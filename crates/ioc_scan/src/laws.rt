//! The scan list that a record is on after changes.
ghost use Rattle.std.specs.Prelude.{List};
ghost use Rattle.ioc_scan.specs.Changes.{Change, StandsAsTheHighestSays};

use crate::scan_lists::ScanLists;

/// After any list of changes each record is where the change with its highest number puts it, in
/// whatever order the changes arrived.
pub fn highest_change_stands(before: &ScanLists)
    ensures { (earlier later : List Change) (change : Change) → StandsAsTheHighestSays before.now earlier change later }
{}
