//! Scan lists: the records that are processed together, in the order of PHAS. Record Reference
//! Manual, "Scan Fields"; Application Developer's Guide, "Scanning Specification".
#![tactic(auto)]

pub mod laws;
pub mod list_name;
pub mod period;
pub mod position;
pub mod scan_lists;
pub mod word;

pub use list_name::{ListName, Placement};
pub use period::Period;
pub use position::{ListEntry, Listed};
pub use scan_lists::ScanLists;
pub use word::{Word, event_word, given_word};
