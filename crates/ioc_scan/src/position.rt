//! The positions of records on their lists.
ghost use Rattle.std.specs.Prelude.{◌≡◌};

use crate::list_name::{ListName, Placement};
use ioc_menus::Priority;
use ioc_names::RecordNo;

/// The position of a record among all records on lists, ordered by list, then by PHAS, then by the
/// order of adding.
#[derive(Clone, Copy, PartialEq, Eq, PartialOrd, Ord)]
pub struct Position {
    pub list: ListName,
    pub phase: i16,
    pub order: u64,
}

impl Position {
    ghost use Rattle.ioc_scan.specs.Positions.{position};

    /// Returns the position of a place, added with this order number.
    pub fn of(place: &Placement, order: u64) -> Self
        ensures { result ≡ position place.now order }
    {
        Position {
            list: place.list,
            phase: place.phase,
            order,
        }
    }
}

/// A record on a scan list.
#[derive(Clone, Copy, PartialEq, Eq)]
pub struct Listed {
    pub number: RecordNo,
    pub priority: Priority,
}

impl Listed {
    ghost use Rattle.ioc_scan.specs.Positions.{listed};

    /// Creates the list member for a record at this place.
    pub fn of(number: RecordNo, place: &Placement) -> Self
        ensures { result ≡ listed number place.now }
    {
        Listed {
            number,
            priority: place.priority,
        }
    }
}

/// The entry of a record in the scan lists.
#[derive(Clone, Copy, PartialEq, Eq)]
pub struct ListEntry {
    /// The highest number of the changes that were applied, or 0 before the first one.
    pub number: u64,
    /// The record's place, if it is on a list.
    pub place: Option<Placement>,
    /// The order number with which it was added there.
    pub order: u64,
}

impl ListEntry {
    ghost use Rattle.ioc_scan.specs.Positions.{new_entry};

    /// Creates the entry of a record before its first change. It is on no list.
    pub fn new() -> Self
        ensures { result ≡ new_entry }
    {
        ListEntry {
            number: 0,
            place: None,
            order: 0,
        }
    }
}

-=-=-=-=-

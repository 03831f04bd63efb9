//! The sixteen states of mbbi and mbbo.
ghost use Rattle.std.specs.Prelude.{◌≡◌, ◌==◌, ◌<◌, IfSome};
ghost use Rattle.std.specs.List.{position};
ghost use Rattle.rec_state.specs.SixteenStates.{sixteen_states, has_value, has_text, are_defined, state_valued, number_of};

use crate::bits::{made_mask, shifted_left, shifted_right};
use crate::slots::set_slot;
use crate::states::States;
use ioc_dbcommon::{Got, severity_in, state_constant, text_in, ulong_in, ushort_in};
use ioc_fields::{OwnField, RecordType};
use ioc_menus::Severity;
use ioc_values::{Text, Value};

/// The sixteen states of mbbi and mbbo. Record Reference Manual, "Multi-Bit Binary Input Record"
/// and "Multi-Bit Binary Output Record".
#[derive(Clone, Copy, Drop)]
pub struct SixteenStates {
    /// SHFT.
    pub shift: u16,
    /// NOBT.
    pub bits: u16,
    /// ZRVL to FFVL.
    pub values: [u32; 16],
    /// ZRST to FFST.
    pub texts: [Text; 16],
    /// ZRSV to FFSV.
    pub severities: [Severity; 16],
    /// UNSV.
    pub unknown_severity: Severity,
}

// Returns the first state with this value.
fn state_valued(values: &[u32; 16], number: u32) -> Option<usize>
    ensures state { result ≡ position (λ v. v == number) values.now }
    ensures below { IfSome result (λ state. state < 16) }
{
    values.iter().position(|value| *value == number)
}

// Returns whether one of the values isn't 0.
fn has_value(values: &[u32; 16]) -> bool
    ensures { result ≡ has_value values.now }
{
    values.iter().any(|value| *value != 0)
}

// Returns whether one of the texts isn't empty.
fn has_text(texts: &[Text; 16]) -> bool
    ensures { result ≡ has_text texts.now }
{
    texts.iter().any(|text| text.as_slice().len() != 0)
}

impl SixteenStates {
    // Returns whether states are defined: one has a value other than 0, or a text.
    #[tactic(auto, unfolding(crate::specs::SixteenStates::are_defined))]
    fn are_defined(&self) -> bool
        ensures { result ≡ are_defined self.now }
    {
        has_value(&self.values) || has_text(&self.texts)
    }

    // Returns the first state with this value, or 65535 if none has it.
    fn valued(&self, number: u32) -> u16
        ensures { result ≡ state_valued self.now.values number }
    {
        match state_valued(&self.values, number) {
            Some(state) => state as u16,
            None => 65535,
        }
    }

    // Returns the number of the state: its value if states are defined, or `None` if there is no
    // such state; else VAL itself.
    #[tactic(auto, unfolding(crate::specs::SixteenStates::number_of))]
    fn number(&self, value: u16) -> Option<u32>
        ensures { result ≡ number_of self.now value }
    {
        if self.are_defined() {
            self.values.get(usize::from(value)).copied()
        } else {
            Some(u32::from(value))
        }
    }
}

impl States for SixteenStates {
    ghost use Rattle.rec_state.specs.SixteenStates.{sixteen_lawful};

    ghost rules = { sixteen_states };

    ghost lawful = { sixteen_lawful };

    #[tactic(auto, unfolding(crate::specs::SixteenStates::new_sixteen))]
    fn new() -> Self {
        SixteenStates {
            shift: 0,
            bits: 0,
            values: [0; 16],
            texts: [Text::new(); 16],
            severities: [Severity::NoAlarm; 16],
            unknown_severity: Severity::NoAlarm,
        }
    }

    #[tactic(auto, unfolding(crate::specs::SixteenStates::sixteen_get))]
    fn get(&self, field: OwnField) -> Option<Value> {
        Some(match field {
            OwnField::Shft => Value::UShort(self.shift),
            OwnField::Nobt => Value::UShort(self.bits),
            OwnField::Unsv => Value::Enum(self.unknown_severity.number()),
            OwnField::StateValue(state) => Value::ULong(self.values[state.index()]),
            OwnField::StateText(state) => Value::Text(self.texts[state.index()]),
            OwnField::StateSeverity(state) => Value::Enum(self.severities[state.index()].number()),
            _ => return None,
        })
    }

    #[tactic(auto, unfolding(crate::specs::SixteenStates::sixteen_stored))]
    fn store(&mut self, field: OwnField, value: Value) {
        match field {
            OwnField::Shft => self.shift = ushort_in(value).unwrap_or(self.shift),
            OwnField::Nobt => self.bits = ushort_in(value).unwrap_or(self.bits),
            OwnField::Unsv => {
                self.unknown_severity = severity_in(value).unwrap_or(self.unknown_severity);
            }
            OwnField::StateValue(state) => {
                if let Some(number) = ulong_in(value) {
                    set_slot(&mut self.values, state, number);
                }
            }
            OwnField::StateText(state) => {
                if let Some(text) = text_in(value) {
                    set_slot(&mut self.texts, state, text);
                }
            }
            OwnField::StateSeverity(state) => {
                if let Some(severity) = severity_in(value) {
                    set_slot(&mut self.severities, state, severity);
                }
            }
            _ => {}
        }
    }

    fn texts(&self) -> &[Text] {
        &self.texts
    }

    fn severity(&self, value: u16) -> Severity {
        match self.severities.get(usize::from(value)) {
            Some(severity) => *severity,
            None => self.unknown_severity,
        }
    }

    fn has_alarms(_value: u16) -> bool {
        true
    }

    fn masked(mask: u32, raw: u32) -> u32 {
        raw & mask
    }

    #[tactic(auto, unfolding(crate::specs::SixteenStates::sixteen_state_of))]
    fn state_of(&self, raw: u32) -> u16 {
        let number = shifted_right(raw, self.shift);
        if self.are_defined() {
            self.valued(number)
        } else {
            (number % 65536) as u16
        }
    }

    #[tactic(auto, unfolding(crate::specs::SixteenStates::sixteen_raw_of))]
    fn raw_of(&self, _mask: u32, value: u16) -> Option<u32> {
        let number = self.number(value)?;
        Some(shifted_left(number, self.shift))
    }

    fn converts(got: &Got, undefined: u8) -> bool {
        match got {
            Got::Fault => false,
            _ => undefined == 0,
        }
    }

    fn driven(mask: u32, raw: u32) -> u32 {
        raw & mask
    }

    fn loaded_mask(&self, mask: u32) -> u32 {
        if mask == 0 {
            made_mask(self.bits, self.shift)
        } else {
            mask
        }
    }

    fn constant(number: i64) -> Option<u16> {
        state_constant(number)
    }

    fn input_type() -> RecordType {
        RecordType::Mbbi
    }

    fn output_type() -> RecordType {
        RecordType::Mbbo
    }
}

-=-=-=-=-

## WHAT THE TASK REQUIRES
Out of the material above, output word for word the line with "filename crates/ioc_scan/src/laws.rt", the line with "use crate::scan_lists::ScanLists;", and all lines between them, with nothing else.

## TASK OUTPUT
filename crates/ioc_scan/src/laws.rt
//! The scan list that a record is on after changes.
ghost use Rattle.std.specs.Prelude.{List};
ghost use Rattle.ioc_scan.specs.Changes.{Change, StandsAsTheHighestSays};

use crate::scan_lists::ScanLists;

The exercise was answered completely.